= Kamil (metre) =

Kāmil (كَامِل "perfect") is the second commonest metre (after the ṭawīl) used in pre-Islamic and classical Arabic poetry. The usual form of the metre is as follows (where "–" represents a long syllable, "u" a short syllable, and "uu" one long or two shorts):
| uu – u – | uu – u – | uu – u – |

The mnemonic words (tafāʿīl) used by Arab prosodists to describe this metre are: DIN (مُتَفَاعِلُنْ مُتَفاعِلُنْ مُتَفَاعِلُنْ).

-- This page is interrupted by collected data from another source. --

//! Checks of what one layer says.

mod lists;
mod statistics;

ghost use Rattle.std.specs.Prelude.{◌≡◌, ◌≢◌, ◌<◌, ◌^◌, length, IfOk, MatchResult};
ghost use Rattle.gix_hash_core.specs.Digest.{digest_of};

use crate::file::verify::statistics::Statistics;
use crate::file::{Commit, File, Position};
use gix_hash_core::{ObjectId, digest};
use graph_format::fault::{CommitFault, LayerFault};
use graph_format::parents::ParentError;
use std::alloc::{AllocError, Global};
use std::collections::HashMap;
use thiserror::Error;

/// The checksum of a layer is not the digest of the bytes before it: the section "TRAILER".
#[derive(Debug, Clone, Copy, PartialEq, Eq, Error)]
#[error("ChecksumMismatch")]
pub struct ChecksumMismatch;

impl File {
    /// The digest of all bytes before the checksum, by the file's kind of hash, where it equals the
    /// checksum: the section "TRAILER". Where they differ, the error is `ChecksumMismatch`.
    #[tactic(auto, using(crate::proofs::ChecksumLemmas::checksum_laws))]
    pub fn verify_checksum(&self) -> Result<ObjectId, ChecksumMismatch>
        ensures digest { IfOk result (λ id. id ≡ digest_of self.now.kind self.now.body) }
        ensures trailer { MatchResult result
            (λ _. self.now.checksum ≡ digest_of self.now.kind self.now.body)
            (λ _. self.now.checksum ≢ digest_of self.now.kind self.now.body) }
    {
        let shared = self.shared();
        let bytes = shared.bytes.as_slice();
        let actual = digest(self.object_hash(), &bytes[..shared.layout.trailer_start]);
        if actual.as_oid() == self.checksum() {
            Ok(actual)
        } else {
            Err(ChecksumMismatch)
        }
    }
}

/// The statistics of a layer, gathered by [`File::traverse`].
#[derive(Debug, Drop, PartialEq, Eq)]
pub struct Outcome {
    /// The greatest generation number, 0 where there is no commit.
    pub max_generation: u32,
    /// The least generation number, 0 where there is no commit.
    pub min_generation: u32,
    /// The greatest number of parents, 0 where there is no commit.
    pub max_parents: u32,
    /// The number of commits.
    pub num_commits: u32,
    /// For each number of parents that some commit has, the number of commits that have it.
    pub parent_counts: HashMap<u32, u32>,
}

impl Outcome {
    ghost use Rattle.graph_layer.specs.Traverse.{IsCopyOfLayer};

    /// An equal outcome. The error is that an allocation failed.
    pub fn try_clone(&self) -> Result<Outcome, AllocError>
        ensures { IfOk result (IsCopyOfLayer self.now) }
    {
        Ok(Outcome {
            parent_counts: self.parent_counts.clone()?,
            ..*self
        })
    }
}

/// Why a layer is refused: the first of its checks that fails, in their order, or a failed
/// allocation. Positions are those of the layer.
#[derive(Debug, Drop, PartialEq, Eq, Error)]
pub enum TraverseError<E> {
    /// The checksum is not the digest of the bytes before it ("TRAILER").
    #[error("Checksum")]
    Checksum,
    /// The file is named as a layer of a chain, and not after its checksum.
    #[error("FileName")]
    FileName,
    /// The fan's number at this byte is not the number of ids whose first byte is at most that. It
    /// is the least such byte ("OID Fanout").
    #[error("Fan")]
    Fan { byte: u8 },
    /// The id at this position is null ("OID Lookup").
    #[error("NullId")]
    NullId { pos: Position },
    /// The id at this position is not above the one before it ("OID Lookup").
    #[error("Order")]
    Order { pos: Position },
    /// The root tree of the commit at this position is null ("Commit Data").
    #[error("NullTree")]
    NullTree { pos: Position },
    /// The processor answered this error on the commit at this position.
    #[error("Processor")]
    Processor { pos: Position, error: E },
    /// The parents of the commit at this position cannot be decoded ("Commit Data", "Extra Edge
    /// List").
    #[error("Parent")]
    Parent { pos: Position, error: ParentError },
    /// An allocation failed.
    #[error("OutOfMemory")]
    OutOfMemory,
}

impl<E> TraverseError<E> {
    ghost use Rattle.graph_layer.specs.Traverse.{layer_refusal, commit_refusal};

    /// The error for a fault of the layer as a whole.
    fn of_layer(fault: LayerFault) -> TraverseError<E>
        ensures { result ≡ layer_refusal fault }
    {
        match fault {
            LayerFault::Checksum => TraverseError::Checksum,
            LayerFault::FileName => TraverseError::FileName,
            LayerFault::Fan { byte } => TraverseError::Fan { byte },
        }
    }

    /// The error for a fault of the ids of the commit at a position.
    fn of_commit(pos: Position, fault: CommitFault) -> TraverseError<E>
        ensures { result ≡ commit_refusal pos.0 fault }
    {
        match fault {
            CommitFault::NullId => TraverseError::NullId { pos },
            CommitFault::Order => TraverseError::Order { pos },
            CommitFault::NullTree => TraverseError::NullTree { pos },
        }
    }
}

impl<E> From<AllocError> for TraverseError<E> {
    ghost use Rattle.std.specs.Prelude.{◌≡◌};
    ghost use Rattle.graph_layer.specs.declared.file.verify.TraverseError.TheVariants.{OutOfMemory};

    ghost from_gives = { λ _ error. error ≡ OutOfMemory };

    fn from(_: AllocError) -> TraverseError<E> {
        TraverseError::OutOfMemory
    }
}

impl<'a> Commit<'a> {
    ghost use Rattle.std.specs.Fn.{TakesAt};
    ghost use Rattle.graph_layer.specs.Called.{CalledOn, InLayer};
    ghost use Rattle.graph_layer.specs.Commit.{commit_layer, commit_pos, commit_parents};
    ghost use Rattle.graph_format.specs.Points.{Agrees};
    ghost use Rattle.graph_layer.specs.Traverse.{traverse_points_at, traverse_cause};
    ghost use Rattle.graph_layer.specs.ListedParents.{AreListed, IsCount};

    /// Checks the commit's ids, calls the processor on it, and decodes its parents, by what was
    /// counted in the extra edge list of its layer. The answer is the number of its parents.
    fn check<F, E>(
        &self,
        counts: &[Option<u32>],
        processor: &mut F,
    ) -> Result<u32, TraverseError<E>>
    where
        F: FnMut(&Commit<'a>) -> Result<(), E>,
        requires counts { AreListed IsCount (commit_layer self.now).edges counts.now }
        requires callable { (state : F) → TakesAt F.FnMut state self.now }
        requires few { length (commit_parents self.now).positions < 2 ^ 32 }
        ensures agrees { Agrees (CalledOn F.FnMut (InLayer (commit_layer self.now)))
            (traverse_points_at (commit_layer self.now) (commit_pos self.now))
            processor.old processor.new traverse_cause result }
        ensures parents { IfOk result (λ parents.
            parents ≡ length (commit_parents self.now).positions) }
    {
        let pos = self.position();
        if let Some(fault) = self.fault() {
            return Err(TraverseError::of_commit(pos, fault));
        }
        if let Err(error) = processor(self) {
            return Err(TraverseError::Processor { pos, error });
        }
        match self.count_parents_by(counts) {
            Ok(parents) => Ok(parents),
            Err(error) => Err(TraverseError::Parent { pos, error }),
        }
    }
}

impl File {
    ghost use Rattle.graph_layer.specs.Called.{MayBeCalled, CalledOn, InLayer};
    ghost use Rattle.graph_format.specs.Points.{Agrees};
    ghost use Rattle.graph_layer.specs.Traverse.{traverse_points, traverse_cause, FileStats};

    /// Checks the layer, and calls the processor on its commits, in the order of their positions.
    ///
    /// The checks come in this order: the checksum ("TRAILER"), the name of the file, and the fan
    /// ("OID Fanout"); then of each commit its id, which is not null and is above the one before it
    /// ("OID Lookup"), the id of its root tree, which is not null ("Commit Data"), the processor,
    /// and the decoding of its parents ("Extra Edge List"). The error names the first that fails. A
    /// file whose name is `graph-`, some text and `.graph` is named right where the text is the
    /// checksum in hexadecimal, and any other name is right.
    ///
    /// Where the answer is `Ok`, the processor accepted every commit, and the outcome holds the
    /// statistics of all of them. Otherwise it was called once on each commit of a prefix of the
    /// layer, and accepted them; only with `Processor` did it refuse the last of them. With
    /// `Processor` and `Parent` the last call was on the commit that the error names, and with
    /// `NullId`, `Order` and `NullTree` on the one before that commit. With `Checksum`, `FileName`
    /// and `Fan` there was no call. `OutOfMemory` means that an allocation failed; no check that
    /// comes before the last call failed then.
    pub fn traverse<'a, F, E>(
        &'a self,
        alloc: Global,
        processor: &mut F,
    ) -> Result<Outcome, TraverseError<E>>
    where
        F: FnMut(&Commit<'a>) -> Result<(), E>,
        requires { MayBeCalled F.FnMut (InLayer self.now) }
        ensures agrees { Agrees (CalledOn F.FnMut (InLayer self.now)) (traverse_points self.now)
            processor.old processor.new traverse_cause result }
        ensures outcome { IfOk result (FileStats self.now) }
    {
        if let Some(fault) = self.layer_fault() {
            return Err(TraverseError::of_layer(fault));
        }
        let commits = self.num_commits();
        let counts = self.count_lists(alloc)?;
        let mut statistics = Statistics::new(alloc);
        for number in 0..commits {
            let commit = self.commit_at(Position(number));
            let parents = commit.check(&counts, processor)?;
            statistics.add(&commit, parents)?;
        }
        Ok(statistics.outcome(alloc)?)
    }
}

The kāmil resembles the wāfir metre in that it makes use of biceps elements (that is, places in the verse where two short syllables can be replaced by one long one).

==In Arabic poetry==
The kāmil metre has been used for Arabic poetry since early times and accounts for about 18%-20% of the poems in early collections. Two of the famous seven pre-Islamic Mu‘allaqāt poems (the 4th and 6th) are written in the kāmil metre. One of these is the mu‘allaqa of Labid ibn Rabi‘a, which begins as follows:

عَفَتِ الدِّيَارُ مَحَلُّهَا فَمُقَامُهَا * بِمِنَىً تَأَبَّـدَ غَوْلُهَا فَرِجَامُهَـا
فَمَدَافِعُ الرَّيَّانِ عُرِّيَ رَسْمُهَـا * خَلَقَاً كَمَا ضَمِنَ الوُحِيَّ سِلامُهَا

‘afati d-diyāru maḥalluhā fa-muqāmuhā
bi-Minan ta’abbada Ḡawluhā fa-Rijāmuhā

fa-madāfi‘u r-Rayyāni ‘urriya rasmuhā
ḵalaqan kamā ḍamina l-wuḥiyya silāmuhā

| uu – u – | uu – u – | uu – u – |
| uu – u – | uu – u – | uu – u – |
| uu – u – | – – u – | uu – u – |
| uu – u – | uu – u – | uu – u – |

"The abodes, their halting places and dwelling places, have been worn away
in Mina; Ghawl and Rijam have become deserted;

And the water-channels of Rayyan, their traces have become bare,
worn smooth in the way that rocks retain their lettering."

Another, later, example of the metre is the qasida by the 10th-century poet al-Mutanabbi which opens as follows:
بأبي الشُّموسُ الجانِحاتُ غَوارِبَ	* أللاّبِساتُ مِنَ الحَريرِ جَلابِبَا
ألمُنْهِباتُ عُقُولَنَا وقُلُوبَنَا * وجَناتِهِنّ النّاهِباتِ النّاهِبَا

bi-’abi š-šumūsu l-jāniḥātu ḡawāribā
al-lābisātu mina l-ḥarīri jalābibā
al-munhibātu ‘uqūlanā wa-qulūbanā
wa-janātihinna n-nāhibāti n-nāhibā

| uu – u – | – – u – | uu – u – |
| – – u – | uu – u – | uu – u – |
| – – u – | uu – u – | uu – u – |
| uu – u – | uu – u – | – – u – |

"By my father, those suns (i.e. women) inclining to the west
who dress in garments of silk
and cause us to lose our minds and hearts
and whose paradises steal even the thief!"

As can be seen, the most common form of the metron is | uu – u – | and the contracted form | – – u – | occurs in the above example in only one third of the cases.

==In Persian poetry==
Although relatively common in Arabic, this metre is scarcely ever used in Persian poetry. One post-classical exception, by the 18th-century poet Hatef Esfahani, is a short 6-couplet ghazal which begins as follows:

چه شود به چهرهٔ زرد من * نظری برای خدا کنی
که اگر کنی همه درد من * به یکی نظاره دوا کنی

če šavad be čehre-ye zard-e man * nazar-ī barā-ye Xodā konī
ke agar konī hame dard-e man * be yekī nazāre davā konī

| uu – u – | uu – u – || uu – u – | uu – u – |
| uu – u – | uu – u – || uu – u – | uu – u – |

"If only you could look at my sallow face for the sake of God,
since if you did, you would heal all my pain with that single glance!"

This Persian version is a tetrameter, divided into two dimeters, and every metron is of the form | uu – u – |. (Poems are also commonly found in Persian with the metron | – – u – | (see Persian metres) but the two are not mixed in the same poem.) Hatef's poem is traditionally sung to a melody (gusheh) called Chahārbāgh, named after the well-known avenue Chaharbagh in Isfahan.

==In Turkish and Urdu==
The kāmil metre is also not found in Ottoman Turkish or (with rare exceptions) in Urdu.